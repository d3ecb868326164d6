// What a call on a secondary map answered.
#![tactic(auto)]

ghost use Rattle.std.specs.Prelude.{◌≡◌};
ghost use Rattle.secondary.specs.Answers.{length_of, truth_of, found_of, got_of, step_of};
ghost use Rattle.secondary_put.specs.Outcomes.{begun_of};
ghost use Rattle.secondary_enter.specs.Outcomes.{inserted_of};
ghost use Rattle.secondary_sweep.specs.Outcomes.{swept_of};
ghost use Rattle.answers.specs.declared.Answer.TheVariants.{Done, Ended, Places};
ghost use Rattle.map_answers.specs.Listed.{listed, listed_slot, listed_header};

use answers::Answer;
use map::MapHeader;
use refusal::Refusal;
use secondary::Element;
use secondary_enter::Inserted;

pub fn started(start: Result<MapHeader, Refusal>) -> Answer
    ensures { result ≡ listed_header (begun_of start) }
{
    start.map_or_else(Answer::refused, Answer::map_header)
}

pub fn value(got: Result<u64, Refusal>) -> Answer
    ensures { result ≡ listed Done (got_of got) }
{
    got.map_or_else(Answer::refused, Answer::Number)
}

pub fn counted(count: Result<u32, Refusal>) -> Answer
    ensures { result ≡ listed Done (length_of count) }
{
    count.map_or_else(Answer::refused, |n| Answer::Number(u64::from(n)))
}

pub fn tested(test: Result<bool, Refusal>) -> Answer
    ensures { result ≡ listed Done (truth_of test) }
{
    test.map_or_else(Answer::refused, Answer::Truth)
}

pub fn slotted(slot: Result<usize, Refusal>) -> Answer
    ensures { result ≡ listed_slot (found_of slot) }
{
    slot.map_or_else(Answer::refused, |i| Answer::Number(i as u64))
}

pub fn stepped(step: Result<Option<Element>, Refusal>) -> Answer
    ensures { result ≡ listed Ended (step_of step) }
{
    match step {
        Ok(
            Some(
                Element {
                    key,
                    value: x,
                    next,
                },
            ),
        ) => Answer::Step {
            key,
            value: x,
            next: u64::from(next),
        },
        Ok(None) => Answer::Ended,
        Err(why) => Answer::refused(why),
    }
}

pub fn inserted(insert: Result<Inserted, Refusal>) -> Answer
    ensures { result ≡ listed Done (inserted_of insert) }
{
    match insert {
        Ok(Inserted::Ignored) => Answer::Ignored,
        Ok(Inserted::Replaced(x)) => Answer::Replaced(x),
        Ok(Inserted::Kept) => Answer::Kept,
        Ok(Inserted::Stored) => Answer::Stored,
        Err(why) => Answer::refused(why),
    }
}

pub fn swept(sweep: Result<(), Refusal>) -> Answer
    ensures { result ≡ listed Done (swept_of sweep) }
{
    sweep.map_or_else(Answer::refused, |()| Answer::Done)
}

// The verdict on a list of so many keys, whose slots stand in the output.
pub fn slotting(sweep: Result<(), Refusal>, count: usize) -> Answer
    ensures { result ≡ listed (Places count) (swept_of sweep) }
{
    sweep.map_or_else(Answer::refused, |()| Answer::Places(count))
}
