//! What `run` promises (profile): what an answer to a record may be, a sound run, a life of the unit, how a run ends,
//! and what a call adds to a life.
//!
//! There is little code here: [`RunEnd`] names the ends of a run, and [`MOST_ENTRIES`] is the most entries that it may
//! have. The rest is definitions, in `specs`. Read `Lives` first, whose `EndsAndLives` is what the top call promises,
//! and go down from there: `Call`, `Ends`, `Account`, `Causes`; `Life`, `Sound`, `Deed`; `Run`, `Legal`, `Fits`,
//! `Answers`, `Entries`, `Numbers`; and of one lane alone `Alone`, `Moves`, `Machine`, `Serving`.
#![tactic(auto)]

mod end;

pub use end::{MOST_ENTRIES, RunEnd};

WORK TO COMPLETE:
From the "in the output." line to the close of the listing, restate each line word for word.

YOUR RESPONSE:
// The verdict on a list of so many keys, whose slots stand in the output.
pub fn slotting(sweep: Result<(), Refusal>, count: usize) -> Answer
    ensures { result ≡ listed (Places count) (swept_of sweep) }
{
    sweep.map_or_else(Answer::refused, |()| Answer::Places(count))
}
//! What `run` promises (profile): what an answer to a record may be, a sound run, a life of the unit, how a run ends,
//! and what a call adds to a life.
//!
//! There is little code here: [`RunEnd`] names the ends of a run, and [`MOST_ENTRIES`] is the most entries that it may
//! have. The rest is definitions, in `specs`. Read `Lives` first, whose `EndsAndLives` is what the top call promises,
//! and go down from there: `Call`, `Ends`, `Account`, `Causes`; `Life`, `Sound`, `Deed`; `Run`, `Legal`, `Fits`,
//! `Answers`, `Entries`, `Numbers`; and of one lane alone `Alone`, `Moves`, `Machine`, `Serving`.
#![tactic(auto)]

mod end;

pub use end::{MOST_ENTRIES, RunEnd};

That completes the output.